══ RECORDS FOR THIS TASK ══

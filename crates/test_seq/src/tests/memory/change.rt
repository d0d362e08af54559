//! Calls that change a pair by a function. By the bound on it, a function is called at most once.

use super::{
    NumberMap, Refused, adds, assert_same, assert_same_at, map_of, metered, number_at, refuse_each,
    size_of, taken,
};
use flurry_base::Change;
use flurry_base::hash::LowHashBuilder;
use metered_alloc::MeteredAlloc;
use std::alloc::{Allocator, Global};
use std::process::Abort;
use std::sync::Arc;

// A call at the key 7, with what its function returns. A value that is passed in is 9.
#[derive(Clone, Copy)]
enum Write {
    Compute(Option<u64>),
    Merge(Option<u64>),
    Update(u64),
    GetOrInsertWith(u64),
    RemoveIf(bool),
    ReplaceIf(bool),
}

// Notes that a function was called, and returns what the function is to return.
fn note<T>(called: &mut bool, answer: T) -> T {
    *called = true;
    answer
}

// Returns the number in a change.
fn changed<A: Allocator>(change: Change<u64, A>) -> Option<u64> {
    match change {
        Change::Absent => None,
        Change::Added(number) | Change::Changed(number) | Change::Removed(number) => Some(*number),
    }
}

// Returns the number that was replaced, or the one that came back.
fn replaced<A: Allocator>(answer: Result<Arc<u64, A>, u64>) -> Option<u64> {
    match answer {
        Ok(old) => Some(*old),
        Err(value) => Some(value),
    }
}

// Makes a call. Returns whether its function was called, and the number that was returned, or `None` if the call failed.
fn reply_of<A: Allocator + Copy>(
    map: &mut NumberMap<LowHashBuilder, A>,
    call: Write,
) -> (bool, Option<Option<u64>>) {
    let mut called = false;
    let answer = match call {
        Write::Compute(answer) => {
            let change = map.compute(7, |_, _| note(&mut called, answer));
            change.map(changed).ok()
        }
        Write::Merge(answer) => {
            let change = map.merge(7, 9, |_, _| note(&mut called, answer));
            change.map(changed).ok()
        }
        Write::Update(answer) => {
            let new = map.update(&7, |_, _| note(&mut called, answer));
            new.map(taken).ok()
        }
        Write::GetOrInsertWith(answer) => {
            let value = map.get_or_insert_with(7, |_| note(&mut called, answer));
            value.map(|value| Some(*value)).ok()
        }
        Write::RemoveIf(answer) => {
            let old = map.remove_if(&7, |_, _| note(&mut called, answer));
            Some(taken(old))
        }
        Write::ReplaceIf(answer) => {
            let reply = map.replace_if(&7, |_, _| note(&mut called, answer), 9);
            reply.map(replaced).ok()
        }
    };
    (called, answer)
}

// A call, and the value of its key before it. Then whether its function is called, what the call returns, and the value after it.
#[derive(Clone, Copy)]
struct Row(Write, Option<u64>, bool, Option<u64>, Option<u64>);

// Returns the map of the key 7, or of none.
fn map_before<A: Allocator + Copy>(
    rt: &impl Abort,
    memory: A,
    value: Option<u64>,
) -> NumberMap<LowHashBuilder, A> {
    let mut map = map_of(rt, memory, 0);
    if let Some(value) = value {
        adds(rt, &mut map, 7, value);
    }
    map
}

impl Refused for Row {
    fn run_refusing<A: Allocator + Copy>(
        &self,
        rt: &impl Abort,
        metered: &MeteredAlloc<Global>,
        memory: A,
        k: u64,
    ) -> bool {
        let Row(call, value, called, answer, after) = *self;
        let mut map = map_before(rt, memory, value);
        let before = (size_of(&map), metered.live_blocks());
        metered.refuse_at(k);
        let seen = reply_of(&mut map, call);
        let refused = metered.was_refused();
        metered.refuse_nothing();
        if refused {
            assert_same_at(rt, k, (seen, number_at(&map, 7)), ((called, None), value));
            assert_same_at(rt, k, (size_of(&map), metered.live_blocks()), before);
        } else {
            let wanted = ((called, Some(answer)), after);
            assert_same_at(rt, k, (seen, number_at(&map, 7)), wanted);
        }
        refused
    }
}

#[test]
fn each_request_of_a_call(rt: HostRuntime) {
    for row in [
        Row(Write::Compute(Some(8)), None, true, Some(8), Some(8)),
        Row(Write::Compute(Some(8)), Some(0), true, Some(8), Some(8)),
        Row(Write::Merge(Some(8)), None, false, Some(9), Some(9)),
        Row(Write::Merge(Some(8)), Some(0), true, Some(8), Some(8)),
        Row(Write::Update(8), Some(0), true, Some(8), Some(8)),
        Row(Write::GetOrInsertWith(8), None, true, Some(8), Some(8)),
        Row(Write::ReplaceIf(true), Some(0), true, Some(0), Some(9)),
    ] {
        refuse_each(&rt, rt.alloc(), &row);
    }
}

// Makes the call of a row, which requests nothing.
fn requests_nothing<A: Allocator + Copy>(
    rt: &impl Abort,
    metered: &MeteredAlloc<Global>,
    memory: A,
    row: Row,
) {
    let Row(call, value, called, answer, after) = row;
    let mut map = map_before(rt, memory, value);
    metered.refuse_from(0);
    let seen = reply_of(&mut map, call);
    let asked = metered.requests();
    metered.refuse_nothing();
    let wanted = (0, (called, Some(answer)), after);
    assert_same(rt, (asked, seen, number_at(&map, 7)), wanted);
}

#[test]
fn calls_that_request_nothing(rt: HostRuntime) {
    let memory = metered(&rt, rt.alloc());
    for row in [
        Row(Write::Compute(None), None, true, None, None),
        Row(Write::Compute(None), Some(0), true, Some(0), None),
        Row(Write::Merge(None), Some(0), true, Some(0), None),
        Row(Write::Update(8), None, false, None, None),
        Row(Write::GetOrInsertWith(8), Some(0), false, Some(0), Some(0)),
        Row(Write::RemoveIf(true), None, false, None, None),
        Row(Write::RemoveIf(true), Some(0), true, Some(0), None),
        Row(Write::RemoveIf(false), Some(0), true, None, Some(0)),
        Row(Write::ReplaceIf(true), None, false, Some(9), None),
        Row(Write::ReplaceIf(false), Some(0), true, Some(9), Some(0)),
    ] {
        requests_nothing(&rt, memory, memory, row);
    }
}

═══

The entries above are to be restated word for word.

**WRITTEN SOLUTION**
filename crates/test_seq/src/tests/memory/change.rt
repository d0d362e08af54559
//! Calls that change a pair by a function. By the bound on it, a function is called at most once.

use super::{
    NumberMap, Refused, adds, assert_same, assert_same_at, map_of, metered, number_at, refuse_each,
    size_of, taken,
};
use flurry_base::Change;
use flurry_base::hash::LowHashBuilder;
use metered_alloc::MeteredAlloc;
use std::alloc::{Allocator, Global};
use std::process::Abort;
use std::sync::Arc;

// A call at the key 7, with what its function returns. A value that is passed in is 9.
#[derive(Clone, Copy)]
enum Write {
    Compute(Option<u64>),
    Merge(Option<u64>),
    Update(u64),
    GetOrInsertWith(u64),
    RemoveIf(bool),
    ReplaceIf(bool),
}

// Notes that a function was called, and returns what the function is to return.
fn note<T>(called: &mut bool, answer: T) -> T {
    *called = true;
    answer
}

// Returns the number in a change.
fn changed<A: Allocator>(change: Change<u64, A>) -> Option<u64> {
    match change {
        Change::Absent => None,
        Change::Added(number) | Change::Changed(number) | Change::Removed(number) => Some(*number),
    }
}

// Returns the number that was replaced, or the one that came back.
fn replaced<A: Allocator>(answer: Result<Arc<u64, A>, u64>) -> Option<u64> {
    match answer {
        Ok(old) => Some(*old),
        Err(value) => Some(value),
    }
}

// Makes a call. Returns whether its function was called, and the number that was returned, or `None` if the call failed.
fn reply_of<A: Allocator + Copy>(
    map: &mut NumberMap<LowHashBuilder, A>,
    call: Write,
) -> (bool, Option<Option<u64>>) {
    let mut called = false;
    let answer = match call {
        Write::Compute(answer) => {
            let change = map.compute(7, |_, _| note(&mut called, answer));
            change.map(changed).ok()
        }
        Write::Merge(answer) => {
            let change = map.merge(7, 9, |_, _| note(&mut called, answer));
            change.map(changed).ok()
        }
        Write::Update(answer) => {
            let new = map.update(&7, |_, _| note(&mut called, answer));
            new.map(taken).ok()
        }
        Write::GetOrInsertWith(answer) => {
            let value = map.get_or_insert_with(7, |_| note(&mut called, answer));
            value.map(|value| Some(*value)).ok()
        }
        Write::RemoveIf(answer) => {
            let old = map.remove_if(&7, |_, _| note(&mut called, answer));
            Some(taken(old))
        }
        Write::ReplaceIf(answer) => {
            let reply = map.replace_if(&7, |_, _| note(&mut called, answer), 9);
            reply.map(replaced).ok()
        }
    };
    (called, answer)
}

// A call, and the value of its key before it. Then whether its function is called, what the call returns, and the value after it.
#[derive(Clone, Copy)]
struct Row(Write, Option<u64>, bool, Option<u64>, Option<u64>);

// Returns the map of the key 7, or of none.
fn map_before<A: Allocator + Copy>(
    rt: &impl Abort,
    memory: A,
    value: Option<u64>,
) -> NumberMap<LowHashBuilder, A> {
    let mut map = map_of(rt, memory, 0);
    if let Some(value) = value {
        adds(rt, &mut map, 7, value);
    }
    map
}

impl Refused for Row {
    fn run_refusing<A: Allocator + Copy>(
        &self,
        rt: &impl Abort,
        metered: &MeteredAlloc<Global>,
        memory: A,
        k: u64,
    ) -> bool {
        let Row(call, value, called, answer, after) = *self;
        let mut map = map_before(rt, memory, value);
        let before = (size_of(&map), metered.live_blocks());
        metered.refuse_at(k);
        let seen = reply_of(&mut map, call);
        let refused = metered.was_refused();
        metered.refuse_nothing();
        if refused {
            assert_same_at(rt, k, (seen, number_at(&map, 7)), ((called, None), value));
            assert_same_at(rt, k, (size_of(&map), metered.live_blocks()), before);
        } else {
            let wanted = ((called, Some(answer)), after);
            assert_same_at(rt, k, (seen, number_at(&map, 7)), wanted);
        }
        refused
    }
}

#[test]
fn each_request_of_a_call(rt: HostRuntime) {
    for row in [
        Row(Write::Compute(Some(8)), None, true, Some(8), Some(8)),
        Row(Write::Compute(Some(8)), Some(0), true, Some(8), Some(8)),
        Row(Write::Merge(Some(8)), None, false, Some(9), Some(9)),
        Row(Write::Merge(Some(8)), Some(0), true, Some(8), Some(8)),
        Row(Write::Update(8), Some(0), true, Some(8), Some(8)),
        Row(Write::GetOrInsertWith(8), None, true, Some(8), Some(8)),
        Row(Write::ReplaceIf(true), Some(0), true, Some(0), Some(9)),
    ] {
        refuse_each(&rt, rt.alloc(), &row);
    }
}

// Makes the call of a row, which requests nothing.
fn requests_nothing<A: Allocator + Copy>(
    rt: &impl Abort,
    metered: &MeteredAlloc<Global>,
    memory: A,
    row: Row,
) {
    let Row(call, value, called, answer, after) = row;
    let mut map = map_before(rt, memory, value);
    metered.refuse_from(0);
    let seen = reply_of(&mut map, call);
    let asked = metered.requests();
    metered.refuse_nothing();
    let wanted = (0, (called, Some(answer)), after);
    assert_same(rt, (asked, seen, number_at(&map, 7)), wanted);
}

#[test]
fn calls_that_request_nothing(rt: HostRuntime) {
    let memory = metered(&rt, rt.alloc());
    for row in [
        Row(Write::Compute(None), None, true, None, None),
        Row(Write::Compute(None), Some(0), true, Some(0), None),
        Row(Write::Merge(None), Some(0), true, Some(0), None),
        Row(Write::Update(8), None, false, None, None),
        Row(Write::GetOrInsertWith(8), Some(0), false, Some(0), Some(0)),
        Row(Write::RemoveIf(true), None, false, None, None),
        Row(Write::RemoveIf(true), Some(0), true, Some(0), None),
        Row(Write::RemoveIf(false), Some(0), true, None, Some(0)),
        Row(Write::ReplaceIf(true), None, false, Some(9), None),
        Row(Write::ReplaceIf(false), Some(0), true, Some(9), Some(0)),
    ] {
        requests_nothing(&rt, memory, memory, row);
    }
}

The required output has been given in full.